Benchmark: Projection Performance & Thread Scaling

projection maps AMR/particle data onto a uniform grid (e.g. surface density :sd). This page characterises how projection time and memory scale with the output resolution and the number of threads, so you can size your analysis runs realistically.

What is measured

For a loaded HydroDataType (or particle/gravity object), the benchmark times repeated projection(data, :sd, res=R) calls at grid resolution R and a given thread count, after a warm-up call (so first-call JIT compilation is excluded). The full suite (projection_benchmarks.jl) reports a Julia live-heap delta (Base.gc_live_bytes() before/after) as its memory metric; the process peak RSS figures in the reference table below were measured separately with Sys.maxrss() (an ad-hoc harness on the reference machine).

Reference results

Reference machine: Apple M2 Pro, 12 cores, 32 GB RAM, macOS 26.2, Julia 1.12.3. Dataset mw_L10 output 300 hydro (loaded from a MERA file); surface-density projection projection(gas, :sd, res=1024); median of 3 warm calls; peak RSS via Sys.maxrss().

Threads	Resolution	Projection time	Peak RSS
1	1024²	~1.55 s	6.9 GB
4	1024²	~1.49 s	6.0 GB

Two thread points only — enough to show that scaling is roughly flat at this resolution, but not a full scaling curve; see the caveat below.

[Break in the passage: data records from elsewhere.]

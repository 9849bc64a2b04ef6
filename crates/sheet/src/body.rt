// The lines behind the heading are read: contours, each with its vertices.
ghost use Rattle.sheet.specs.Reading.{ContourReady, ContourRead, VertexReady, VertexRead, LineReady, Stepped, BodyReady, BodyRead};

use crate::heading::NUMBER_MOST;
use crate::lists::Lists;
use crate::refusal::SheetRefusal;
use lines::line::read_line;

// The most that an area code may be.
const CODE_MOST: u64 = 255;

// The most contours.
const CONTOURS_MOST: usize = 32;

// The most vertices that they may declare.
const DECLARED_MOST: usize = 96;

// How many numbers a vertex has: x, y, z and its flag.
const JOB_STRIDE: usize = 4;

// The first line behind the heading.
const FIRST_LINE: u64 = 5;

// How far the reading is: the line and the place that come next, the vertices that the last contour still needs, and how
// many contours and vertices there are.
#[derive(Clone, Copy, Debug, PartialEq, Eq)]
pub struct Progress {
    pub line: u64,
    pub at: usize,
    pub due: usize,
    pub contours: usize,
    pub vertices: usize,
}

// A contour line: region, area code, length. Nothing is written of a bad one.
fn contour_line(
    text: &[u8],
    p: Progress,
    lengths: &mut [u32],
    regions: &mut [u16],
    codes: &mut [u8],
) -> Result<Progress, SheetRefusal>
    requires { ContourReady text.now p lengths.old regions.old codes.old }
    ensures { ContourRead text.now p result lengths.old regions.old codes.old lengths.new regions.new codes.new }
{
    let full = CONTOURS_MOST < p.contours + 1;
    let mosts = [NUMBER_MOST, CODE_MOST, NUMBER_MOST];
    let contour = read_line::<3>(text, p.at, b"contour", 0, &mosts).ok_or(SheetRefusal::Malformed(
        p.line,
    ))?;
    let n = contour.numbers[2] as usize;
    if full | (DECLARED_MOST < p.vertices + n) {
        return Err(SheetRefusal::TooMany(p.line));
    }
    let k = p.contours;
    lengths[k] = contour.numbers[2] as u32;
    regions[k] = contour.numbers[0] as u16;
    codes[k] = contour.numbers[1] as u8;
    Ok(Progress {
        line: p.line + 1,
        at: contour.next,
        due: n,
        contours: k + 1,
        ..p
    })
}

// A vertex line: x, y, z and flag.
fn vertex_line(text: &[u8], p: Progress, numbers: &mut [u16]) -> Result<Progress, SheetRefusal>
    requires { VertexReady text.now p numbers.old }
    ensures { VertexRead text.now p result numbers.old numbers.new }
{
    let vertex = read_line::<4>(text, p.at, b"v", 0, &[NUMBER_MOST; 4]).ok_or(
        SheetRefusal::Malformed(p.line),
    )?;
    let k = p.vertices * JOB_STRIDE;
    numbers[k] = vertex.numbers[0] as u16;
    numbers[k + 1] = vertex.numbers[1] as u16;
    numbers[k + 2] = vertex.numbers[2] as u16;
    numbers[k + 3] = vertex.numbers[3] as u16;
    Ok(Progress {
        line: p.line + 1,
        at: vertex.next,
        due: p.due - 1,
        vertices: p.vertices + 1,
        ..p
    })
}

// One line: a contour's, or a vertex's as long as one is due.
fn one_line(text: &[u8], p: Progress, lists: &mut Lists) -> Result<Progress, SheetRefusal>
    requires { LineReady text.now p lists.old.lengths lists.old.regions lists.old.codes lists.old.numbers }
    ensures { Stepped text.now p result lists.old.lengths lists.old.regions lists.old.codes lists.old.numbers lists.new.lengths lists.new.regions lists.new.codes lists.new.numbers }
{
    if p.due == 0 {
        return contour_line(
            text,
            p,
            &mut lists.lengths,
            &mut lists.regions,
            &mut lists.codes,
        );
    }
    vertex_line(text, p, &mut lists.numbers)
}

// All lines from `from` on, up to the first bad one.
pub fn read_body(text: &[u8], from: usize, lists: &mut Lists) -> Result<Progress, SheetRefusal>
    requires { BodyReady text.now from lists.old.lengths lists.old.regions lists.old.codes lists.old.numbers }
    ensures { BodyRead text.now from result lists.new.lengths lists.new.regions lists.new.codes lists.new.numbers }
{
    let mut p = Progress {
        line: FIRST_LINE,
        at: from,
        due: 0,
        contours: 0,
        vertices: 0,
    };
    while p.at < text.len() {
        p = one_line(text, p, lists)?;
    }
    if p.due > 0 {
        return Err(SheetRefusal::Malformed(p.line));
    }
    Ok(p)
}
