// A sheet is read, from its first byte to its last contour.
ghost use Rattle.std.specs.Prelude.{Ok, IfOk, ◌≤◌};
ghost use Rattle.sheet.specs.Reading.{goes_on, BodyReady, read_bytes, ListsReady, ReadAs};

use crate::body::read_body;
use crate::heading::{Heading, read_heading};
use crate::lists::Lists;
use crate::refusal::SheetRefusal;

// A sheet that was read: its heading, and how many contours and vertices stand in the lists.
#[derive(Clone, Copy, Debug, PartialEq, Eq)]
pub struct JobSheet {
    pub heading: Heading,
    pub contours: usize,
    pub vertices: usize,
}

// The lines behind a heading.
fn read_contours(text: &[u8], heading: Heading, lists: &mut Lists) -> Result<JobSheet, SheetRefusal>
    requires { BodyReady text.now heading.at lists.old.lengths lists.old.regions lists.old.codes lists.old.numbers }
    ensures read { ReadAs (goes_on text.now (Ok heading)) result lists.new.lengths lists.new.regions lists.new.codes lists.new.numbers }
    ensures held { ListsReady lists.new.lengths lists.new.regions lists.new.codes lists.new.numbers }
{
    let end = read_body(text, heading.at, lists)?;
    Ok(JobSheet {
        heading,
        contours: end.contours,
        vertices: end.vertices,
    })
}

// What a sheet is found to be. Any bytes may be handed in; the lists have room for 32 contours and 96 vertices, and keep it.
pub fn read_sheet(text: &[u8], lists: &mut Lists) -> Result<JobSheet, SheetRefusal>
    requires { ListsReady lists.old.lengths lists.old.regions lists.old.codes lists.old.numbers }
    ensures read { ReadAs (read_bytes text.now) result lists.new.lengths lists.new.regions lists.new.codes lists.new.numbers }
    ensures counted { IfOk result (λ s. (s.contours ≤ 32) × (s.vertices ≤ 96)) }
    ensures held { ListsReady lists.new.lengths lists.new.regions lists.new.codes lists.new.numbers }
{
    if text.len() > 65536 {
        return Err(SheetRefusal::TooLong);
    }
    let heading = read_heading(text)?;
    read_contours(text, heading, lists)
}
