// The header of the mesh.
ghost use Rattle.std.specs.Prelude.{◌≡◌};
ghost use Rattle.rules.specs.Units.{header_of};

use plane::unit::{cell_size, thousandths};
use rules::{Aabb3d, Header, Vec3};

// The header of a sheet whose cell has this size and height, in thousandths of its unit; box and edge error are zero.
pub fn header_of(inches: bool, size: u32, height: u32) -> Header
    ensures { result ≡ header_of inches size height }
{
    let zero = Vec3 {
        x: 0.0,
        y: 0.0,
        z: 0.0,
    };
    let aabb = Aabb3d {
        min: zero,
        max: zero,
    };
    let cell = cell_size(inches, thousandths(size));
    Header {
        aabb: aabb,
        cell_size: cell,
        cell_height: thousandths(height),
        max_edge_error: 0.0,
    }
}
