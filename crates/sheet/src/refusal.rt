// Why a sheet is refused.
ghost use Rattle.std.specs.Prelude.{◌≡◌};
ghost use Rattle.sheet.specs.Refusals.{number_of, line_of};

// A sheet's refusal, with the line at which the reading ended if it was at one.
#[derive(Clone, Copy, Debug, PartialEq, Eq)]
pub enum SheetRefusal {
    NoUnit,
    Malformed(u64),
    TooLong,
    TooMany(u64),
}

impl SheetRefusal {
    // The number that is printed for it.
    pub fn number(self) -> u64
        ensures { result ≡ number_of self }
    {
        match self {
            SheetRefusal::NoUnit => 21,
            SheetRefusal::Malformed(_) => 22,
            SheetRefusal::TooLong => 23,
            SheetRefusal::TooMany(_) => 24,
        }
    }

    // The line that is printed for it: 0 for the text as a whole.
    pub fn line(self) -> u64
        ensures { result ≡ line_of self }
    {
        match self {
            SheetRefusal::NoUnit => 1,
            SheetRefusal::TooLong => 0,
            SheetRefusal::Malformed(line) => line,
            SheetRefusal::TooMany(line) => line,
        }
    }
}
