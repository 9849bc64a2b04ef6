// A sheet becomes a text.
ghost use Rattle.std.specs.Prelude.{◌≤◌, ◌≡◌, length, take};
ghost use Rattle.rules.specs.Sheet.{text_of};
ghost use Rattle.lines.specs.Print.{Printed};

use crate::answer::answer_job;
use crate::lists::Lists;
use crate::read::read_sheet;
use crate::rows::put_sheet_refused;

// What is printed for a sheet: its bytes in, and the text at the beginning of `out`. Any bytes may be handed in. The answer is the
// text's length.
pub fn mesh_sheet(text: &[u8], out: &mut [u8; 65536]) -> usize
    ensures printed { Printed (text_of text.now) out.old out.new 0 result }
    ensures counted { (result ≤ length out.new) × (result ≡ length (take result out.new)) }
{
    let mut lists = Lists::new();
    match read_sheet(text, &mut lists) {
        Err(refusal) => put_sheet_refused(out, refusal),
        Ok(sheet) => answer_job(
            sheet.heading,
            &lists.lengths[..sheet.contours],
            &lists.regions[..sheet.contours],
            &lists.codes[..sheet.contours],
            &lists.numbers[..sheet.vertices * 4],
            out,
        ),
    }
}
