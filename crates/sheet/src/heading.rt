// The heading lines are read: unit, cell, nvp, grid.
ghost use Rattle.std.specs.Prelude.{◌≡◌, ◌≤◌, length, drop};
ghost use Rattle.rules.specs.Lines.{lines_of};
ghost use Rattle.rules.specs.Sheet.{read_heading};
ghost use Rattle.sheet.specs.Reading.{UnitIs, from_cell, headed_as, BehindIs, Behind};

use crate::refusal::SheetRefusal;
use lines::line::read_line;
use lines::scan::{find, is_same_text};

// The most that a number may be.
pub const NUMBER_MOST: u64 = 65535;

// The most thousandths that a cell may have.
const CELL_MOST: u64 = 16777216;

// What the heading says, and the place behind it.
#[derive(Clone, Copy, Debug, PartialEq, Eq)]
pub struct Heading {
    pub inches: bool,
    pub size: u32,
    pub height: u32,
    pub nvp: u32,
    pub w: u16,
    pub h: u16,
    pub border: u16,
    pub at: usize,
}

// The first line: whether the unit is inches, and the place behind it. Its cells are `unit` and a unit if it is one of two texts.
fn read_unit(text: &[u8]) -> Option<(bool, usize)>
    ensures { UnitIs text.now result }
{
    let e = find(text, 0, b'\n');
    if e < text.len() {
        if is_same_text(&text[..e], b"unit\tmm") {
            return Some((false, e + 1));
        }
        if is_same_text(&text[..e], b"unit\tin") {
            return Some((true, e + 1));
        }
    }
    None
}

// The lines behind it, the first of which begins at `from`.
fn read_rest(text: &[u8], inches: bool, from: usize) -> Result<Heading, SheetRefusal>
    requires { from ≤ length text.now }
    ensures { (from_cell inches (lines_of (drop from text.now)) ≡ headed_as result)
        × BehindIs text.now (drop 3 (lines_of (drop from text.now))) result }
{
    let cell = read_line::<2>(text, from, b"cell", 1, &[CELL_MOST; 2]).ok_or(
        SheetRefusal::Malformed(2),
    )?;
    let limit = read_line::<1>(text, cell.next, b"nvp", 0, &[NUMBER_MOST]).ok_or(
        SheetRefusal::Malformed(3),
    )?;
    let grid = read_line::<3>(text, limit.next, b"grid", 0, &[NUMBER_MOST; 3]).ok_or(
        SheetRefusal::Malformed(4),
    )?;
    Ok(Heading {
        inches,
        size: cell.numbers[0] as u32,
        height: cell.numbers[1] as u32,
        nvp: limit.numbers[0] as u32,
        w: grid.numbers[0] as u16,
        h: grid.numbers[1] as u16,
        border: grid.numbers[2] as u16,
        at: grid.next,
    })
}

// The heading of a sheet, or the refusal at its first bad line.
pub fn read_heading(text: &[u8]) -> Result<Heading, SheetRefusal>
    ensures { (read_heading (lines_of text.now) ≡ headed_as result) × Behind text.now result }
{
    let (inches, at) = read_unit(text).ok_or(SheetRefusal::NoUnit)?;
    read_rest(text, inches, at)
}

Thread scaling is essentially flat here (~1.0×) at this dataset/resolution. This is consistent with memory-bandwidth-bound behaviour (adding threads does not help once the shared memory bus is saturated), though two thread points cannot prove the mechanism — a full resolution × thread-count sweep would be needed to confirm it and to find where threading begins to pay off. For small-to-moderate projections a single thread is typically sufficient.

Reproducing / full suite

The numbers above are a minimal reference. The full projection benchmark suite — multiple resolutions, repetition statistics (coefficient of variation), and speedup/efficiency reporting — lives in src/benchmarks/Projections/projection_benchmarks.jl, with a runnable entry point at src/benchmarks/Projections/downloads/run_test.jl. Run it with several thread counts (julia -t N run_test.jl) on your own data to obtain scaling curves for your hardware.

Takeaways

Projection of moderate datasets is fast (~1–2 s at 1024² here) and memory-bandwidth limited, so multithreading gives little speedup at this scale — measure on your own dataset before allocating many threads to it.
Resolution drives both time and memory: doubling res roughly quadruples the output grid (and its memory); choose the smallest resolution that resolves the structures you care about.